Restate word for word the lines of the data below, from the first through the one that has "use cics_ksds::FileDef;".

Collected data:
Content starts

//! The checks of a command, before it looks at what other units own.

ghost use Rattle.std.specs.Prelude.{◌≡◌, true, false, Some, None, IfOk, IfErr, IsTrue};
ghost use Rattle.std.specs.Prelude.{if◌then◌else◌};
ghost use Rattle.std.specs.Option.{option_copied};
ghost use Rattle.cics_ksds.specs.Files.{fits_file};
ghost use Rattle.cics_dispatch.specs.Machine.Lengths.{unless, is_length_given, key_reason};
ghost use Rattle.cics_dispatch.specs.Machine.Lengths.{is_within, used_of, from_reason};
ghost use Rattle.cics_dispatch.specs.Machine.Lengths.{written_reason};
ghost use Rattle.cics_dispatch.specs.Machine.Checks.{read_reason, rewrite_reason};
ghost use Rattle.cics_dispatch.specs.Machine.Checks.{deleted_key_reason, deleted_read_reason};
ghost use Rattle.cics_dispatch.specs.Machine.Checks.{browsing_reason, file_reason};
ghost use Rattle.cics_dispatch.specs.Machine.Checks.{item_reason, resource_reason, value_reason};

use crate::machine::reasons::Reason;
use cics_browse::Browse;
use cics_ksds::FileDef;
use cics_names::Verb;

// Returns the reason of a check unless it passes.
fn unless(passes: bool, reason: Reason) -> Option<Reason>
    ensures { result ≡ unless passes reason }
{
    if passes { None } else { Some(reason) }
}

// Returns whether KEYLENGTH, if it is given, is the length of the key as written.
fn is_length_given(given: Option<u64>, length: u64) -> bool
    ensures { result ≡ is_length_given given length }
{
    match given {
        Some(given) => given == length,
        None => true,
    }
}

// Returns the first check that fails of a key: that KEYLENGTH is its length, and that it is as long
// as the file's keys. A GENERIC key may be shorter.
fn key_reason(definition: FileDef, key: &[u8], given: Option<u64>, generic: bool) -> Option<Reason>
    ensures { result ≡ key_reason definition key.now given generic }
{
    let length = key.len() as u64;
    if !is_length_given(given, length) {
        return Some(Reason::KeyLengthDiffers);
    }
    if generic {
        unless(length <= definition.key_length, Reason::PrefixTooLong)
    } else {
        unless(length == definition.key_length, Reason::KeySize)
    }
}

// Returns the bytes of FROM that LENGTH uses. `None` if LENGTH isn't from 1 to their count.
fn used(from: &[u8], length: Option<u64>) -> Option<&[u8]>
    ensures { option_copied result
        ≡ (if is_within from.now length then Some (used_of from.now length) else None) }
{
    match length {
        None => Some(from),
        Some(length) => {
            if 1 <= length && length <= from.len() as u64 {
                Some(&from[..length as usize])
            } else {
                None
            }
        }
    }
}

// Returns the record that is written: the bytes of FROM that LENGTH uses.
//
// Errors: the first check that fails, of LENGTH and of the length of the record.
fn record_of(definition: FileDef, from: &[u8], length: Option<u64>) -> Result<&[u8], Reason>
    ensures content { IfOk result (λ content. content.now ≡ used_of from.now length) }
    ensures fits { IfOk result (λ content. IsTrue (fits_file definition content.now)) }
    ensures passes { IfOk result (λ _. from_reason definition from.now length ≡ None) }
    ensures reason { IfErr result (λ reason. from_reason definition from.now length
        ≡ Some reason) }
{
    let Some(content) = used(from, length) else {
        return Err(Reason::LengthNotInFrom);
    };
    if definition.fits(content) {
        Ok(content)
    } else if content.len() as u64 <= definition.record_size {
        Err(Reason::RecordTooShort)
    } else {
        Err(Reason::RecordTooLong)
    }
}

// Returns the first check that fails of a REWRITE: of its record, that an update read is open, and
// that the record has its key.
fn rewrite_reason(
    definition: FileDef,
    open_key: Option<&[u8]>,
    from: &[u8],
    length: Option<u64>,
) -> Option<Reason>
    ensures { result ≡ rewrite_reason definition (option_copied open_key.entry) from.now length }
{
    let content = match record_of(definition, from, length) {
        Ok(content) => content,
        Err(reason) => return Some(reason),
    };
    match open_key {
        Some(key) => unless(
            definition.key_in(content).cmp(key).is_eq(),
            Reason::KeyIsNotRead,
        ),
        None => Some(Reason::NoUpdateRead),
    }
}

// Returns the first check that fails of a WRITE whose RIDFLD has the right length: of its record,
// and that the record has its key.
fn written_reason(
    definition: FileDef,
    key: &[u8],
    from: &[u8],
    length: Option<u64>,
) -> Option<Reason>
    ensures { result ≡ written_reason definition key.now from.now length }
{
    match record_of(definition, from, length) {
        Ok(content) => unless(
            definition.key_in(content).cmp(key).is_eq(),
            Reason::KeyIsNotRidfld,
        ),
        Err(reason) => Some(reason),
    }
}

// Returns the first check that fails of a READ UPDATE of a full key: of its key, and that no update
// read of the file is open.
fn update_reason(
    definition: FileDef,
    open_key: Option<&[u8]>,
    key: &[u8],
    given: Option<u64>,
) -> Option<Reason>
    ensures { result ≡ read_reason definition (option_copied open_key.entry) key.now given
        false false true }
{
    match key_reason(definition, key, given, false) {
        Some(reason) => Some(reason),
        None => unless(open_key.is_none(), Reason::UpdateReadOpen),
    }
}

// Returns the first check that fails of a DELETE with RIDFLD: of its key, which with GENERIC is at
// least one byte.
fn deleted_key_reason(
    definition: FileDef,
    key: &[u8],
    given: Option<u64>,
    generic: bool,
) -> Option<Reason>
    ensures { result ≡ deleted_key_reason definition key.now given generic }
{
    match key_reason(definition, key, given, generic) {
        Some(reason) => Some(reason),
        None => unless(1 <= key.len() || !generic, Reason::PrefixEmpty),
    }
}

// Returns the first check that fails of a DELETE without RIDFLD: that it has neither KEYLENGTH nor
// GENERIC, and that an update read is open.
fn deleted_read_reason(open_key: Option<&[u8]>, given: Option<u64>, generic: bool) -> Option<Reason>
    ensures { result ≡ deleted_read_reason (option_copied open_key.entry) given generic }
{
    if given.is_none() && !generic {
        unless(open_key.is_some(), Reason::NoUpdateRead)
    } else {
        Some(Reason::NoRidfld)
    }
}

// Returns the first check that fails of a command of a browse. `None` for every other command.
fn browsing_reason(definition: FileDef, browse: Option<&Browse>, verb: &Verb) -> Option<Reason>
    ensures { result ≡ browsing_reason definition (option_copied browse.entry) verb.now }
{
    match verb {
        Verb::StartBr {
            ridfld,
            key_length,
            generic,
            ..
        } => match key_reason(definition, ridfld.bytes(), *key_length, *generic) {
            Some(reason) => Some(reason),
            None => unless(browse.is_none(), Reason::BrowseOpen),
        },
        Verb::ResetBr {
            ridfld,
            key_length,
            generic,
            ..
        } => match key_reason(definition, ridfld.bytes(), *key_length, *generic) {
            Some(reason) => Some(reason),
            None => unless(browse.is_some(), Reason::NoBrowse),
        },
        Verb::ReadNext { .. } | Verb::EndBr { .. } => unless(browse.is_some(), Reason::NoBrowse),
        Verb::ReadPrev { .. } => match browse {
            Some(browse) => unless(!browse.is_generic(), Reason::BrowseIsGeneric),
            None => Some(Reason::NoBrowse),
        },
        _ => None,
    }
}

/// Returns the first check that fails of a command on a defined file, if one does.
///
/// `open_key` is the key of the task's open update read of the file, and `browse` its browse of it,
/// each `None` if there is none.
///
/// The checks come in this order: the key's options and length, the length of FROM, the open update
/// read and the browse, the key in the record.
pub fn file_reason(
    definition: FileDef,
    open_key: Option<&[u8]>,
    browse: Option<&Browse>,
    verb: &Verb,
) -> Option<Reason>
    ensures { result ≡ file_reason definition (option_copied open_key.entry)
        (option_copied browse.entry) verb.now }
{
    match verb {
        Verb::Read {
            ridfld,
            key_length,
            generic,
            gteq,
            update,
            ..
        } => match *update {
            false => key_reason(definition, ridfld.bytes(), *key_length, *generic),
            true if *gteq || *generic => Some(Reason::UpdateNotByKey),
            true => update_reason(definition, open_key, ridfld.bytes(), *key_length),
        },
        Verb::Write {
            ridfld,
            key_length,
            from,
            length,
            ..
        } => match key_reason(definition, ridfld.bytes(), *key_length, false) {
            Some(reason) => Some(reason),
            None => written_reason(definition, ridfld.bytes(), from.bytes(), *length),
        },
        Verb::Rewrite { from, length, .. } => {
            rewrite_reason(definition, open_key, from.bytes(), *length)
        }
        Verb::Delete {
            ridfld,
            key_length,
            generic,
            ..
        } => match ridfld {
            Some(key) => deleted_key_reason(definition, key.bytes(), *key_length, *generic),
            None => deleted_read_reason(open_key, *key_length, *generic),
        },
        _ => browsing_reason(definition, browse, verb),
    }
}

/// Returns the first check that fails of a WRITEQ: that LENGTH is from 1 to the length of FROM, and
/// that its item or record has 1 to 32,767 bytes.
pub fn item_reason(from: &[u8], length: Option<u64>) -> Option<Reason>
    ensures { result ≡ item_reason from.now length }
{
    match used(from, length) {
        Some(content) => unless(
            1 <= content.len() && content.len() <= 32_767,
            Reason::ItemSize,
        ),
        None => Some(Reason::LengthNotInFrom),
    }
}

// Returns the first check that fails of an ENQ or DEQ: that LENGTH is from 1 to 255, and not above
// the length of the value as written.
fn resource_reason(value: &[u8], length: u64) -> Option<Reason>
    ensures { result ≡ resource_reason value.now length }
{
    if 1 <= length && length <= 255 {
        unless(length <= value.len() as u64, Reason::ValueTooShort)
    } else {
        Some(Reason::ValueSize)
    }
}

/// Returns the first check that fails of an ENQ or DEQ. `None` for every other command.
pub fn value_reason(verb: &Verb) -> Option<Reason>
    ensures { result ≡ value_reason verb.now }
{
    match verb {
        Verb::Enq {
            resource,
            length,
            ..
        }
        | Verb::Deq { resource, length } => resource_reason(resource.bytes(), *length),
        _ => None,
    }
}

Content ends

**Exercise response:**
//! The checks of a command, before it looks at what other units own.

ghost use Rattle.std.specs.Prelude.{◌≡◌, true, false, Some, None, IfOk, IfErr, IsTrue};
ghost use Rattle.std.specs.Prelude.{if◌then◌else◌};
ghost use Rattle.std.specs.Option.{option_copied};
ghost use Rattle.cics_ksds.specs.Files.{fits_file};
ghost use Rattle.cics_dispatch.specs.Machine.Lengths.{unless, is_length_given, key_reason};
ghost use Rattle.cics_dispatch.specs.Machine.Lengths.{is_within, used_of, from_reason};
ghost use Rattle.cics_dispatch.specs.Machine.Lengths.{written_reason};
ghost use Rattle.cics_dispatch.specs.Machine.Checks.{read_reason, rewrite_reason};
ghost use Rattle.cics_dispatch.specs.Machine.Checks.{deleted_key_reason, deleted_read_reason};
ghost use Rattle.cics_dispatch.specs.Machine.Checks.{browsing_reason, file_reason};
ghost use Rattle.cics_dispatch.specs.Machine.Checks.{item_reason, resource_reason, value_reason};

use crate::machine::reasons::Reason;
use cics_browse::Browse;
use cics_ksds::FileDef;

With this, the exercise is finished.